PROVIDED INFORMATION -
****

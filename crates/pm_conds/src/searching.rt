//! Conditions that search for an expression.
ghost use Rattle.std.specs.Prelude.{◌≡◌, ◌≤◌, false, is_some, not, IfOk, IfSome, length};
ghost use Rattle.pm_message.specs.Area.{area_of};
ghost use Rattle.pm_regex.proofs.FoundOrNot.{found_of};
ghost use Rattle.pm_meaning.specs.Searching.{Sight, sight_of, part_of, area_in, match_text};
ghost use Rattle.pm_meaning.specs.Searching;
ghost use Rattle.pm_meaning.specs.Searching.{match_in, after_newline, before_newline, bytes_in, input_in};
ghost use Rattle.pm_meaning.specs.Searching.{value_or_empty, expression_of, IsWithin};
ghost use Rattle.pm_meaning.specs.Evaluating.{compared_length};
ghost use Rattle.pm_meaning.specs.Weighing.{sought_outcome};
ghost use Rattle.pm_vars.specs.Variables.{value_of};

use crate::counting::count_area;
use crate::sizes::outcome_if;
use pm_bytes::{Blob, Memory};
use pm_match::Engine;
use pm_meaning::question::{Outcome, Question, Scope};
use pm_message::{Mail, Place};
use pm_recipe::Flags;
use pm_regex::{Expr, Found, ReadRefused, read};
use pm_vars::Vars;
use std::alloc::Global;

/// The part that the flags H and B ask for.
fn searched_part(flags: Flags) -> Place
    ensures { result ≡ part_of flags }
{
    if !flags.search_body {
        Place::H
    } else if flags.search_head {
        Place::Hb
    } else {
        Place::B
    }
}

/// The value of a variable, empty where it isn't set.
fn value_in<'a>(vars: &'a Vars, name: &[u8]) -> &'a [u8]
    ensures { result.now ≡ value_or_empty (value_of name.now vars.now.variables) }
{
    match vars.get(name) {
        None => b"",
        Some(value) => value.as_slice(),
    }
}

/// The text without a newline at its front.
fn past_newline(text: &[u8]) -> &[u8]
    ensures { result.now ≡ after_newline text.now }
{
    if text.starts_with(b"\n") {
        &text[1..]
    } else {
        text
    }
}

/// The text without a newline at its end.
fn to_newline(text: &[u8]) -> &[u8]
    ensures { result.now ≡ before_newline text.now }
{
    if text.ends_with(b"\n") {
        &text[..text.len() - 1]
    } else {
        text
    }
}

/// What MATCH gets of these places.
pub fn matched(alloc: Global, area: &[u8], start: usize, end: usize) -> Result<Blob, Memory>
    requires start { start ≤ end }
    requires end { end ≤ length area.now }
    ensures { IfOk result (λ text. text ≡ match_text area.now start end) }
{
    Blob::from_slice(alloc, to_newline(past_newline(&area[start..end])))
}

/// Whether the expression matches anywhere in the area.
pub fn is_found(engine: &mut Engine, area: &[u8]) -> bool
    ensures same { engine.new ≡ engine.old }
    ensures found { result ≡ is_some (found_of engine.old.fold engine.old.expr area.now).0 }
{
    engine.is_match(area)
}

/// The first match of the engine's expression in the area.
pub fn find(engine: &mut Engine, area: &[u8]) -> Option<Found>
    ensures same { engine.new ≡ engine.old }
    ensures found { result ≡ (found_of engine.old.fold engine.old.expr area.now).0 }
    ensures within { IfSome result (IsWithin area.now) }
{
    engine.find(area)
}

/// What comes of what was found.
fn found_outcome(alloc: Global, area: &[u8], found: Option<Found>) -> Result<Outcome, Memory>
    requires { IfSome found (IsWithin area.now) }
    ensures { IfOk result (λ come. come ≡ Searching.found_outcome false area.now found) }
{
    match found {
        None => Ok(Outcome::Fails),
        Some(found) => match found.cut {
            None => Ok(Outcome::Holds),
            Some(cut) => Ok(Outcome::Matched(matched(alloc, area, cut, found.end)?)),
        },
    }
}

/// What comes of the engine's expression in an area. Where its match begins and ends is asked only if MATCH gets it.
fn sought(
    alloc: Global,
    inverted: bool,
    expr: &Expr,
    engine: &mut Engine,
    area: &[u8],
) -> Result<Outcome, Memory>
    requires { engine.old.expr ≡ expr.now }
    ensures { IfOk result (λ come. come
        ≡ Searching.found_outcome inverted area.now (found_of engine.old.fold expr.now area.now).0) }
{
    if inverted {
        return Ok(outcome_if(!is_found(engine, area)));
    }
    if expr.has_cut() {
        let found = find(engine, area);
        return found_outcome(alloc, area, found);
    }
    Ok(outcome_if(is_found(engine, area)))
}

/// Searches the area for an expression.
fn find_area(
    alloc: Global,
    inverted: bool,
    distinguish: bool,
    expr: Expr,
    area: &[u8],
) -> Result<Outcome, Memory>
    ensures { IfOk result (λ come. come
        ≡ Searching.found_outcome inverted area.now (match_in distinguish expr area.now)) }
{
    let mut engine = Engine::build(alloc, &expr, !distinguish)?;
    sought(alloc, inverted, &expr, &mut engine, area)
}

/// Searches the area for the expression that the text is, and counts its matches where there is a weight.
fn search_area(
    alloc: Global,
    question: &Question,
    distinguish: bool,
    text: &[u8],
    area: &[u8],
) -> Result<Outcome, Memory>
    ensures { let asked = question.now in IfOk result (λ come.
        come ≡ sought_outcome asked.weight asked.inverted distinguish area.now (expression_of text.now)) }
{
    match read(alloc, text) {
        Err(ReadRefused::Defect) => Ok(Outcome::Defective),
        Err(ReadRefused::Memory) => Err(Memory),
        Ok(expr) => match question.weight {
            None => find_area(alloc, question.inverted, distinguish, expr, area),
            Some(weight) => count_area(alloc, weight, question.inverted, distinguish, expr, area),
        },
    }
}

/// Searches a part of the mail.
fn search_part(
    alloc: Global,
    question: &Question,
    distinguish: bool,
    text: &[u8],
    mail: &mut Mail,
    place: Place,
) -> Result<Outcome, Memory>
    ensures outcome { let asked = question.now in let expression = expression_of text.now in IfOk result (λ come.
        come ≡ sought_outcome asked.weight asked.inverted distinguish (area_of mail.old place) expression) }
    ensures same { mail.new ≡ mail.old }
{
    let area = mail.area(alloc, place)?;
    search_area(alloc, question, distinguish, text, area.as_slice())
}

/// Searches what the question says for the expression that the text is.
pub fn search(
    alloc: Global,
    text: &[u8],
    question: &Question,
    flags: Flags,
    mail: &mut Mail,
    vars: &Vars,
) -> Result<Outcome, Memory>
    ensures outcome { IfOk result (λ come.
        come ≡ sought_outcome question.now.weight question.now.inverted flags.distinguish
        (area_in question.now.scope (sight_of flags mail.old vars.now)) (expression_of text.now)) }
    ensures same { mail.new ≡ mail.old }
{
    let distinguish = flags.distinguish;
    match &question.scope {
        Scope::Flags => search_part(
            alloc,
            question,
            distinguish,
            text,
            mail,
            searched_part(flags),
        ),
        Scope::Mail(place) => search_part(alloc, question, distinguish, text, mail, *place),
        Scope::Variable(name) => search_area(
            alloc,
            question,
            distinguish,
            text,
            value_in(vars, name.as_slice()),
        ),
    }
}

/// A part of the mail as it stands.
fn part_bytes(alloc: Global, mail: &Mail, place: Place) -> Result<Blob, Memory>
    ensures { IfOk result (λ bytes. bytes ≡ bytes_in mail.now place) }
{
    match place {
        Place::H => mail.parts().head.copy(alloc),
        Place::B => mail.parts().body.copy(alloc),
        Place::Hb => mail.whole(alloc),
    }
}

/// What the program of a condition gets as its input.
pub fn program_input(
    alloc: Global,
    scope: &Scope,
    flags: Flags,
    mail: &Mail,
    vars: &Vars,
) -> Result<Blob, Memory>
    ensures { IfOk result (λ input. input ≡ input_in scope.now (sight_of flags mail.now vars.now)) }
{
    match scope {
        Scope::Flags => part_bytes(alloc, mail, searched_part(flags)),
        Scope::Mail(place) => part_bytes(alloc, mail, *place),
        Scope::Variable(name) => Blob::from_slice(alloc, value_in(vars, name.as_slice())),
    }
}

/// How many bytes a part of the mail has, as it is searched.
fn part_length(alloc: Global, mail: &mut Mail, place: Place) -> Result<u64, Memory>
    ensures size { IfOk result (λ size. size ≡ length (area_of mail.old place)) }
    ensures same { mail.new ≡ mail.old }
{
    let area = mail.area(alloc, place)?;
    Ok(area.len() as u64)
}

/// The length that `<` and `>` compare.
pub fn length_of(
    alloc: Global,
    scope: &Scope,
    flags: Flags,
    mail: &mut Mail,
    vars: &Vars,
) -> Result<u64, Memory>
    ensures size { IfOk result (λ size. size ≡ compared_length scope.now (sight_of flags mail.old vars.now)) }
    ensures same { mail.new ≡ mail.old }
{
    match scope {
        Scope::Flags => {
            let _ = flags;
            let parts = mail.parts();
            Ok(parts.head.as_slice().len() as u64 + parts.body.as_slice().len() as u64)
        }
        Scope::Mail(place) => part_length(alloc, mail, *place),
        Scope::Variable(name) => Ok(value_in(vars, name.as_slice()).len() as u64),
    }
}
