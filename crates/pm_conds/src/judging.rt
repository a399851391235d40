//! What a recipe's conditions ask for, and what comes of each in order (procmailrc(5), "Conditions").
ghost use Rattle.std.specs.Prelude.{◌≡◌, IfOk, pos, neg_ℤ, ◌≤ℤ◌};
ghost use Rattle.std.specs.List.{list_any};
ghost use Rattle.pm_meaning.specs.Leads.{asking_of};
ghost use Rattle.pm_meaning.specs.Searching.{sight_of};
ghost use Rattle.pm_meaning.specs.Evaluating.{test_outcome, question_by};
ghost use Rattle.pm_meaning.specs.Evaluating;
ghost use Rattle.pm_meaning.specs.Evaluating.{judged_one, course_of, is_weighted};

use crate::scoring::{end_at, set_match};
use crate::searching::{length_of, search};
use crate::sizes::{measured_outcome, number_in, outcome_if};
use pm_bytes::{Blob, Memory};
use pm_meaning::question::{Factors, Judgement, Outcome, Question, Scope};
use pm_meaning::{add_code, add_matches, add_share};
use pm_message::Mail;
use pm_recipe::{Condition, Flags, Weight};
use pm_vars::Vars;
use std::alloc::Global;

/// What a condition is asked by its weight. A weight with a number out of its range has no question.
pub fn question_of(weight: Weight) -> Option<Question>
    ensures { result ≡ question_by weight }
{
    let weight = match weight {
        Weight::None => None,
        Weight::Bad => return None,
        Weight::Some { w, x } => {
            if x < 0 {
                return None;
            }
            Some(Factors { w, x: x as u32 })
        }
    };
    Some(Question {
        weight,
        inverted: false,
        scope: Scope::Flags,
    })
}

/// What comes of a test that needs no program: of a size or of an expression.
pub fn test(
    alloc: Global,
    text: &[u8],
    question: &Question,
    flags: Flags,
    mail: &mut Mail,
    vars: &Vars,
) -> Result<Outcome, Memory>
    ensures outcome { IfOk result (λ come. come
        ≡ test_outcome (asking_of text.now question.now) (sight_of flags mail.old vars.now)) }
    ensures same { mail.new ≡ mail.old }
{
    let above = text.starts_with(b">");
    if !above && !text.starts_with(b"<") {
        return search(alloc, text, question, flags, mail, vars);
    }
    let size = length_of(alloc, &question.scope, flags, mail, vars)?;
    Ok(measured_outcome(question, above, size, number_in(&text[1..])))
}

/// What comes of a program that ended with this code.
pub fn exited(question: &Question, code: u8) -> Outcome
    ensures { result ≡ Evaluating.exited question.now code }
{
    match question.weight {
        None => outcome_if((code == 0) != question.inverted),
        Some(weight) => Outcome::Exited {
            weight,
            inverted: question.inverted,
            code,
        },
    }
}

/// Judges one condition of this text by what came of it: how the judging ends, if it does.
pub fn judge_one(
    alloc: Global,
    text: &Blob,
    outcome: &Outcome,
    total: &mut i32,
    vars: &mut Vars,
) -> Result<Option<Judgement>, Memory>
    requires low { neg_ℤ (pos 2147483647) ≤ℤ total.old }
    requires high { total.old ≤ℤ pos 2147483647 }
    ensures course { IfOk result (λ end.
        judged_one text.now outcome.now total.old vars.old ≡ course_of end total.new vars.new) }
    ensures low { neg_ℤ (pos 2147483647) ≤ℤ total.new }
    ensures high { total.new ≤ℤ pos 2147483647 }
{
    match outcome {
        Outcome::Holds => Ok(None),
        Outcome::Matched(bytes) => {
            vars.set(b"MATCH", bytes.copy(alloc)?)?;
            Ok(None)
        }
        Outcome::Fails => Ok(Some(Judgement::Unmatched)),
        Outcome::Counted {
            weight,
            matches,
            bytes,
        } => {
            set_match(alloc, bytes, vars)?;
            *total = add_matches(*total, weight.w, weight.x, *matches);
            Ok(end_at(*total))
        }
        Outcome::Compared {
            weight,
            above,
            length,
            number,
        } => match add_share(*total, weight.w, weight.x, *length, *number, *above) {
            None => Ok(Some(Judgement::Defective(text.copy(alloc)?))),
            Some(score) => {
                *total = score;
                Ok(end_at(score))
            }
        },
        Outcome::Exited {
            weight,
            inverted,
            code,
        } => {
            *total = add_code(*total, weight.w, weight.x, *inverted, *code);
            Ok(end_at(*total))
        }
        Outcome::Defective => Ok(Some(Judgement::Defective(text.copy(alloc)?))),
        Outcome::TooLong(length) => Ok(Some(Judgement::TooLong(*length))),
    }
}

/// Whether some condition has a weight.
pub fn has_weight(conditions: &[Condition]) -> bool
    ensures { result ≡ list_any is_weighted conditions.now }
{
    conditions
        .iter()
        .any(|condition| !matches!(condition.weight, Weight::None))
}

****

WHAT THE EXERCISE ASKS - For each line of the material that includes the word "ReadRefused", make a copy.

RESPONSE -
use pm_regex::{Expr, Found, ReadRefused, read};
        Err(ReadRefused::Defect) => Ok(Outcome::Defective),
        Err(ReadRefused::Memory) => Err(Memory),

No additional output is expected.